“Al anochecer de aquel día, el día primero de la semana, estaban los discípulos en una casa con las puertas cerradas, por miedo a los judíos. Y en esto entró Jesús, se puso en medio y les dijo: «Paz a vosotros. Y diciendo esto, les enseñó las manos y el costado. Y los discípulos se llenaron de alegría al ver al Señor. Jesús repitió: Paz a vosotros. Como el Padre me ha enviado, así también os envío yo». Y, dicho esto, exhaló su aliento sobre ellos y les dijo: -«Recibid el Espíritu Santo; a quienes les perdonéis los pecados, les quedan perdonados; a quienes se los retengáis, les quedan retenidos»”. (Jn 20, 19-22)
El segundo domingo de Pascua es el domingo de la Divina Misericordia. El objetivo de esta semana será, por lo tanto, meditar sobre la Misericordia de Dios y sobre sus consecuencias para nosotros. Lo primero es agradecerle al Señor que nos dé el regalo del perdón de los pecados. El Evangelio de hoy dice expresamente que ese fue uno de los dones del Resucitado. Cristo instituyó el sacramento del perdón de los pecados tras su resurrección, puesto que ese perdón estaba ligado a los méritos que Él ganó para nosotros derramando su sangre. Su sacrificio en la Cruz fue el que consiguió para el hombre el perdón de los pecados. Es un don extraordinario e inmerecido y no podemos caer en la trampa de que tenemos derecho a ese perdón simplemente porque hagamos el acto, a veces difícil, de confesar los pecados; siempre es un regalo de Dios y como tal hay que recibirlo y agradecerlo.
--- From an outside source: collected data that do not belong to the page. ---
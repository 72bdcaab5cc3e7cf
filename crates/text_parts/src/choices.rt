//! Parts that stand where something is so, and lists of parts.
use crate::part::Part;
use trace_io::TextSink;

/// A part that stands where something is so: `("item ", Number(12), When(is_open, ", open"))`.
#[derive(Clone, Copy)]
pub struct When<P>(pub bool, pub P);

impl<P: Part> Part for When<P> {
    ghost use Rattle.std.specs.Prelude.{[], if◌then◌else◌};

    ghost text = { λ part. if part.0 then P.text part.1 else [] };

    #[inline(always)]
    fn say<S: TextSink>(self, out: &mut S) {
        if self.0 {
            self.1.say(out);
        }
    }
}

/// The first part where something is so, and the second where it is not: `Either(count == 1, " byte", " bytes")`.
#[derive(Clone, Copy)]
pub struct Either<P, Q>(pub bool, pub P, pub Q);

impl<P: Part, Q: Part> Part for Either<P, Q> {
    ghost use Rattle.std.specs.Prelude.{if◌then◌else◌};

    ghost text = { λ part. if part.0 then P.text part.1 else Q.text part.2 };

    #[inline(always)]
    fn say<S: TextSink>(self, out: &mut S) {
        if self.0 {
            self.1.say(out);
        } else {
            self.2.say(out);
        }
    }
}

/// A part that is there, or nothing.
impl<P: Part> Part for Option<P> {
    ghost use Rattle.text_parts.specs.Parts.{text_if_some};

    ghost text = { λ part. text_if_some P.text part };

    #[inline(always)]
    fn say<S: TextSink>(self, out: &mut S) {
        if let Some(part) = self {
            part.say(out);
        }
    }
}

/// Parts of one type, one after another, where their number is not known before.
#[derive(Clone, Copy)]
pub struct Each<'a, P>(pub &'a [P]);

impl<'a, P: Part> Part for Each<'a, P> {
    ghost use Rattle.std.specs.List.{flat_map};

    ghost text = { λ parts. flat_map P.text parts.0.now };

    fn say<S: TextSink>(self, out: &mut S) {
        'parts: for part in self.0 {
            part.say(out);
        }
    }
}
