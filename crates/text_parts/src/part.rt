//! A part of a text.
ghost use Rattle.std.specs.Prelude.{List, ℕ};

use trace_io::TextSink;

/// A part of a text: what has a text that is known as a whole.
pub trait Part: Copy {
    /// Its text.
    ghost text: { Self → List ℕ };

    /// Says the text. A part within which no write may end, as a number, goes to `put_whole`, and any other one to `put`.
    fn say<S: TextSink>(self, out: &mut S)
        ensures { S.says out.old (text self) out.new };
}

/// Says a part.
#[inline(always)]
pub fn say<S: TextSink, P: Part>(out: &mut S, part: P)
    ensures { S.says out.old (P.text part) out.new }
{
    part.say(out);
}

/// A `str` goes to `put`: a write may end within it.
impl<'a> Part for &'a str {
    ghost text = { λ text. text.now };

    #[inline(always)]
    fn say<S: TextSink>(self, out: &mut S) {
        out.put(self.as_bytes());
    }
}
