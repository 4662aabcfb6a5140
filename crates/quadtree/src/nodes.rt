//! What is kept of each cell, and the leaf of each point.

ghost use Rattle.std.specs.Prelude.{◌≡◌, ℕ, ◌<◌, ◌≤◌, ◌^◌, ◌⊎◌, ◌↔◌, IsTrue, length, not, slice_get, slice_index, All, Contains, IfOk};
ghost use Rattle.std.specs.List.{list_any};
ghost use Rattle.cell_name.specs.Cell.{square};
ghost use Rattle.quadtree.specs.Fields.{HasRange};
ghost use Rattle.quadtree.specs.Nodes.{is_source_at, is_target_at, IsNodeOf, AreNodesTo, LeavesAreApart, LeavesAreTo};
ghost use Rattle.quadtree.specs.Splitting.{squares_of, parents_of, IsRun, AreRuns};
ghost use Rattle.quadtree.specs.Tree.{IsTreeCell};

use crate::children::Children;
use crate::split::Run;
use crate::tree::Node;
use cell_name::Cell;
use points::Point;
use std::alloc::{AllocError, Global};

/// Whether the point at a position is a source.
fn is_source(points: &[Point], k: u32) -> bool
    requires { k < length points.now }
    ensures source { result ≡ is_source_at (slice_get points.now k) }
    ensures target { not result ≡ is_target_at (slice_get points.now k) }
{
    points[k as usize].kind.is_source()
}

/// Whether a target is among the points at some positions.
fn has_target(points: &[Point], members: &[u32]) -> bool
    requires { All (λ k. k < length points.now) members.now }
    ensures { result ≡ list_any (λ k. is_target_at (slice_get points.now k)) members.now }
{
    members.iter().any(|k| !is_source(points, *k))
}

/// Whether a source is among the points at some positions.
fn has_source(points: &[Point], members: &[u32]) -> bool
    requires { All (λ k. k < length points.now) members.now }
    ensures { result ≡ list_any (λ k. is_source_at (slice_get points.now k)) members.now }
{
    members.iter().any(|k| is_source(points, *k))
}

/// Whether a cell with so many points is not split.
fn is_last(count: usize, cap: u32, cell: Cell) -> bool
    ensures { IsTrue result ↔ ((count ≤ cap) ⊎ (cell.level ≡ cell.grid)) }
{
    count <= cap as usize || cell.level == cell.grid
}

/// Writes the number of a leaf at the positions of its points.
fn mark(leaves: &mut [u32], members: &[u32], leaf: u32)
    requires { All (λ k. k < length leaves.old) members.now }
    ensures marked { (k : ℕ) → Contains members.now k → slice_index leaves.new k ≡ leaf }
    ensures others { (k : ℕ) → (Contains members.now k → ⊥) → slice_index leaves.new k ≡ slice_index leaves.old k }
{
    for k in members {
        leaves[*k as usize] = leaf;
    }
}

impl Node {
    /// What is kept of the cell of a run, with the numbers of the cells below it.
    fn of(points: &[Point], cap: u32, positions: &[u32], run: Run, children: Children) -> Node
        requires below { All (λ k. k < length points.now) positions.now }
        requires in_tree { IsTreeCell run.cell.grid points.now cap (square run.cell) }
        requires run { IsRun points.now positions.now run }
        ensures { IsNodeOf points.now cap positions.now (square run.cell) run.parent children result }
    {
        let members = &positions[run.from..run.to];
        Node {
            parent: run.parent,
            from: run.from,
            to: run.to,
            is_leaf: is_last(members.len(), cap, run.cell),
            has_source: has_source(points, members),
            has_target: has_target(points, members),
            children,
        }
    }
}

/// What is kept of each cell, in the order of the runs.
pub(crate) fn nodes_of(
    alloc: Global,
    points: &[Point],
    cap: u32,
    positions: &[u32],
    runs: &[Run],
    families: &[Children],
) -> Result<Vec<Node>, AllocError>
    requires in_tree { All (λ c. IsTreeCell c.grid points.now cap c) (squares_of runs.now) }
    requires runs { AreRuns points.now positions.now runs.now }
    requires families { length families.now ≡ length runs.now }
    ensures { IfOk result (λ v. AreNodesTo points.now cap positions.now (squares_of runs.now) (parents_of runs.now) families.now v.items (length runs.now)) }
{
    let mut nodes = Vec::with_capacity(alloc, runs.len())?;
    for (n, run) in runs.iter().enumerate() {
        nodes.push(Node::of(points, cap, positions, *run, families[n]))?;
    }
    Ok(nodes)
}

/// The number of the leaf of each point.
pub(crate) fn leaves_of(
    alloc: Global,
    count: usize,
    nodes: &[Node],
    positions: &[u32],
) -> Result<Vec<u32>, AllocError>
    requires length { length nodes.now < 2 ^ 32 }
    requires below { All (λ k. k < count) positions.now }
    requires ranges { All (HasRange positions.now) nodes.now }
    requires apart { LeavesAreApart positions.now nodes.now }
    ensures as_many { IfOk result (λ v. length v.items ≡ count) }
    ensures leaves { IfOk result (λ v. LeavesAreTo positions.now nodes.now v.items (length nodes.now)) }
{
    let mut leaves = vec![in alloc; 0u32; count]?;
    for (n, node) in nodes.iter().enumerate() {
        if node.is_leaf {
            mark(&mut leaves, &positions[node.from..node.to], n as u32);
        }
    }
    Ok(leaves)
}
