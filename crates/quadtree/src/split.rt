//! Splitting cells into their quarters, level by level.

ghost use Rattle.std.specs.Prelude.{◌≡◌, ◌≤◌, ◌<◌, ◌++◌, [], ◌∷◌, length, All, OnOk, IfOk};
ghost use Rattle.std.specs.List.{range_with_len};
ghost use Rattle.cell_name.specs.Cell.{square, half_number};
ghost use Rattle.cell_name.specs.Square.{root, child};
ghost use Rattle.limits.specs.Limits.{IsGrid, widest_grid, most_points};
ghost use Rattle.quadtree.specs.Divided.{HasRoom};
ghost use Rattle.quadtree.specs.Splitting.{squares_of, occupied, below_from, quarters_of, added_run, AddsCells, AreRuns, AreBelow, HaveParents};
ghost use Rattle.quadtree.specs.Tree.{AreInGrid, AreExactly, IsTreeCell};

use crate::divide::Parts;
use cell_name::{Cell, Quadrant};
use points::Point;
use std::alloc::{AllocError, Global};

/// A cell with its parent's number, and its points as a range of the positions.
#[derive(Clone, Copy, PartialEq, Eq, PartialOrd, Ord)]
pub(crate) struct Run {
    pub(crate) cell: Cell,
    pub(crate) parent: usize,
    pub(crate) from: usize,
    pub(crate) to: usize,
}

/// Cells with their points, and the positions of the points of each, end to end.
#[derive(Drop)]
pub(crate) struct Splits {
    pub(crate) positions: Vec<u32>,
    pub(crate) runs: Vec<Run>,
}

/// The positions `0 ..`, so many.
fn all_positions(alloc: Global, count: u32) -> Result<Vec<u32>, AllocError>
    ensures { IfOk result (λ v. v.items ≡ range_with_len 0 count) }
{
    let mut positions = Vec::with_capacity(alloc, count as usize)?;
    for k in 0..count {
        positions.push(k)?;
    }
    Ok(positions)
}

/// The quarter of a cell in one of the four quadrants.
fn quarter(cell: Cell, right: bool, top: bool) -> Cell
    requires { cell.level < cell.grid }
    ensures { square result ≡ child (square cell) (half_number right) (half_number top) }
{
    cell.child(Quadrant { right, top })
}

impl Splits {
    /// Adds a cell with its points, where it has one.
    fn push(&mut self, cell: Cell, parent: usize, members: &[u32]) -> Result<(), AllocError>
        ensures positions { OnOk result (self.new.positions.items ≡ self.old.positions.items ++ members.now) }
        ensures runs { OnOk result (self.new.runs.items ≡ self.old.runs.items ++ added_run cell parent (length self.old.positions.items) members.now) }
    {
        if members.is_empty() {
            return Ok(());
        }
        let from = self.positions.len();
        self.positions.extend_from_slice(members)?;
        let to = self.positions.len();
        self.runs.push(Run {
            cell,
            parent,
            from,
            to,
        })?;
        Ok(())
    }

    /// Adds the quarters of the cell of a number that have a point.
    fn push_quarters(
        &mut self,
        points: &[Point],
        parts: &mut Parts,
        above: &[Run],
        number: usize,
    ) -> Result<(), AllocError>
        requires number { number < length above.now }
        requires levels { All (λ c. c.level < c.grid) (squares_of above.now) }
        requires parts { HasRoom parts.old (length points.now) }
        requires below { AreBelow points.now above.now self.old.positions.items self.old.runs.items }
        ensures cells { OnOk result (AddsCells self.old.runs.items (occupied points.now (quarters_of (squares_of above.now) number)) self.new.runs.items) }
        ensures below { OnOk result (AreBelow points.now above.now self.new.positions.items self.new.runs.items) }
        ensures parts { OnOk result (HasRoom parts.new (length points.now)) }
    {
        let run = above[number];
        let cell = run.cell;
        let counts = parts.divide(points, &self.positions[run.from..run.to], cell);
        let southwest = &parts.southwest[..counts.southwest];
        self.push(quarter(cell, false, false), number, southwest)?;
        let northwest = &parts.northwest[..counts.northwest];
        self.push(quarter(cell, false, true), number, northwest)?;
        let southeast = &parts.southeast[..counts.southeast];
        self.push(quarter(cell, true, false), number, southeast)?;
        let northeast = &parts.northeast[..counts.northeast];
        self.push(quarter(cell, true, true), number, northeast)?;
        Ok(())
    }

    /// Adds the cells below those from number `start` on.
    fn split_level(
        &mut self,
        points: &[Point],
        cap: u32,
        parts: &mut Parts,
        above: &[Run],
        start: usize,
    ) -> Result<(), AllocError>
        requires start { start ≤ length above.now }
        requires levels { All (λ c. c.level < c.grid) (squares_of above.now) }
        requires parts { HasRoom parts.old (length points.now) }
        requires below { AreBelow points.now above.now self.old.positions.items self.old.runs.items }
        ensures cells { OnOk result (AddsCells self.old.runs.items (below_from points.now cap start above.now) self.new.runs.items) }
        ensures below { OnOk result (AreBelow points.now above.now self.new.positions.items self.new.runs.items) }
        ensures parts { OnOk result (HasRoom parts.new (length points.now)) }
    {
        for number in start..above.len() {
            let run = above[number];
            if run.to - run.from > cap as usize {
                self.push_quarters(points, parts, above, number)?;
            }
        }
        Ok(())
    }

    /// The whole grid, where there is a point at all.
    fn root(alloc: Global, points: &[Point], grid: u8) -> Result<Splits, AllocError>
        requires known_grid { IsGrid grid }
        requires in_grid { AreInGrid grid points.now }
        requires length { length points.now ≤ most_points widest_grid }
        ensures cells { IfOk result (λ s. squares_of s.runs.items ≡ occupied points.now (root grid ∷ [])) }
        ensures runs { IfOk result (λ s. AreRuns points.now s.positions.items s.runs.items) }
        ensures parents { IfOk result (λ s. HaveParents (squares_of s.runs.items) s.runs.items) }
    {
        let count = points.len();
        let positions = all_positions(alloc, count as u32)?;
        let mut runs = Vec::new(alloc);
        if count > 0 {
            runs.push(Run {
                cell: Cell::root(grid),
                parent: 0,
                from: 0,
                to: count,
            })?;
        }
        Ok(Splits { positions, runs })
    }

    /// The cells of the tree in their order, and the positions of their points.
    ///
    /// Level by level: the cells of a level have their numbers before the next is made, so each is made with its parent's number.
    pub(crate) fn of(
        alloc: Global,
        points: &[Point],
        cap: u32,
        grid: u8,
    ) -> Result<Splits, AllocError>
        requires known_grid { IsGrid grid }
        requires in_grid { AreInGrid grid points.now }
        requires length { length points.now ≤ most_points widest_grid }
        ensures cells { IfOk result (λ s. AreExactly (IsTreeCell grid points.now cap) (squares_of s.runs.items)) }
        ensures runs { IfOk result (λ s. AreRuns points.now s.positions.items s.runs.items) }
        ensures parents { IfOk result (λ s. HaveParents (squares_of s.runs.items) s.runs.items) }
    {
        let Splits {
            positions,
            mut runs,
        } = Splits::root(alloc, points, grid)?;
        let mut found = Splits {
            positions,
            runs: Vec::new(alloc),
        };
        let mut parts = Parts::new(alloc, points.len())?;
        let mut start = 0;
        for _level in 0..grid {
            found.split_level(points, cap, &mut parts, &runs, start)?;
            start = runs.len();
            found.runs.sort_unstable();
            runs.extend_from_slice(&found.runs)?;
            found.runs.clear();
        }
        Ok(Splits {
            positions: found.positions,
            runs,
        })
    }
}
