//! The tree and what it tells.

ghost use Rattle.std.specs.Prelude.{◌≡◌, ◌-◌, ◌≤◌, ◌<◌, length, slice_index, MatchOption, Contains};
ghost use Rattle.cell_name.specs.Cell.{square};
ghost use Rattle.quadtree.specs.Fields.{child_numbers};
ghost use Rattle.quadtree.specs.TreeModel.{IsTree, IsLevel, size, squares, square_of, node_of, leaf_of};

use crate::children::Children;
use cell_name::Cell;
use std::marker::Model;
use std::ops::Range;

/// What is kept of a cell: its parent's number, its points as a range of positions, what kind of cell it is, and its children's numbers.
#[derive(Clone, Copy)]
pub struct Node {
    pub(crate) parent: usize,
    pub(crate) from: usize,
    pub(crate) to: usize,
    pub(crate) is_leaf: bool,
    pub(crate) has_source: bool,
    pub(crate) has_target: bool,
    pub(crate) children: Children,
}

/// The adaptive quadtree of a list of points with a leaf capacity, on the grid of the list's version.
///
/// A cell is in the tree where it has a point and is the whole grid, or its parent has more points than the capacity.
/// It is a leaf where it has no more than that, or is of the last level.
#[derive(Drop)]
pub struct Tree {
    pub(crate) grid: u8,
    pub(crate) cells: Vec<Cell>,
    pub(crate) nodes: Vec<Node>,
    pub(crate) positions: Vec<u32>,
    pub(crate) leaves: Vec<u32>,
}

impl Model for Tree {
    ghost use Rattle.quadtree.specs.Fields.{tree_of, AreFieldsOfTree};
    ghost use Rattle.quadtree.specs.TreeModel.{TreeModel};

    ghost Value = { TreeModel };

    ghost view = { λ t. tree_of t.grid t.cells.items t.nodes.items t.positions.items t.leaves.items };

    ghost invariant = { λ t. AreFieldsOfTree t.grid t.cells.items t.nodes.items t.positions.items t.leaves.items };
}

impl Tree {
    /// The bits of the grid.
    pub fn grid(&self) -> u8
        ensures { result ≡ self.now.grid }
    {
        self.grid
    }

    /// All cells, ascending by level, column and row. A cell's number is its place here, counted from 0.
    pub fn cells(&self) -> &[Cell]
        ensures all { result.now ≡ self.now.cells }
        ensures tree { IsTree self.now }
    {
        self.cells.as_slice()
    }

    /// The number of a cell, or nothing where it isn't in the tree.
    pub fn find(&self, c: Cell) -> Option<usize>
        ensures { MatchOption result (Contains (squares self.now) (square c) → ⊥) (λ n. (n < size self.now) × (square_of self.now n ≡ square c)) }
    {
        self.cells.binary_search(&c).ok()
    }

    /// What is kept of the cell.
    fn node(&self, n: usize) -> &Node
        requires { n < size self.now }
        ensures parent { result.now.parent ≡ (node_of self.now n).parent }
        ensures ordered { result.now.from ≤ result.now.to }
        ensures count { result.now.to - result.now.from ≡ (node_of self.now n).count }
        ensures leaf { result.now.is_leaf ≡ (node_of self.now n).is_leaf }
        ensures source { result.now.has_source ≡ (node_of self.now n).has_source }
        ensures target { result.now.has_target ≡ (node_of self.now n).has_target }
        ensures few { result.now.children.count ≤ 4 }
        ensures children { child_numbers result.now.children ≡ (node_of self.now n).children }
    {
        &self.nodes[n]
    }

    /// The number of the parent; 0 for cell 0.
    pub fn parent(&self, n: usize) -> usize
        requires { n < size self.now }
        ensures { result ≡ (node_of self.now n).parent }
    {
        self.node(n).parent
    }

    /// The numbers of the cells whose parent the cell is, ascending: those of its quarters that have a point.
    pub fn children(&self, n: usize) -> &[u32]
        requires { n < size self.now }
        ensures { result.now ≡ (node_of self.now n).children }
    {
        self.node(n).children.numbers()
    }

    /// The numbers of the cells of a level.
    pub fn level(&self, level: u8) -> Range<usize>
        ensures { IsLevel self.now level result.start result.end }
    {
        Range {
            start: self.cells.partition_point(|c| c.level < level),
            end: self.cells.partition_point(|c| c.level <= level),
        }
    }

    /// Whether the cell is a leaf.
    pub fn is_leaf(&self, n: usize) -> bool
        requires { n < size self.now }
        ensures { result ≡ (node_of self.now n).is_leaf }
    {
        self.node(n).is_leaf
    }

    /// How many points, sources and targets together, the cell has.
    pub fn count(&self, n: usize) -> u64
        requires { n < size self.now }
        ensures { result ≡ (node_of self.now n).count }
    {
        let node = self.node(n);
        (node.to - node.from) as u64
    }

    /// Whether a source lies in the cell.
    pub fn has_source(&self, n: usize) -> bool
        requires { n < size self.now }
        ensures { result ≡ (node_of self.now n).has_source }
    {
        self.node(n).has_source
    }

    /// Whether a target lies in the cell.
    pub fn has_target(&self, n: usize) -> bool
        requires { n < size self.now }
        ensures { result ≡ (node_of self.now n).has_target }
    {
        self.node(n).has_target
    }

    /// The positions in the list of the points in the cell, ascending.
    pub fn members(&self, n: usize) -> &[u32]
        requires { n < size self.now }
        ensures { result.now ≡ (node_of self.now n).members }
    {
        let node = self.nodes[n];
        &self.positions[node.from..node.to]
    }

    /// The number of the leaf of the k-th point, counted from 0.
    pub fn leaf_of(&self, k: usize) -> usize
        requires { k < length self.now.leaves }
        ensures { result ≡ leaf_of self.now k }
    {
        self.leaves[k] as usize
    }
}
Pero también la contemplación de la misericordia divina debe llevarnos a la imitación. Tengamos misericordia como Dios tiene misericordia de nosotros. Perdonemos como necesitamos ser perdonados. Ayudemos al prójimo como nos gustaría que nos ayudaran o como el propio Cristo nos ha ayudado. Seamos nosotros el instrumento que Dios usa para impartir su misericordia.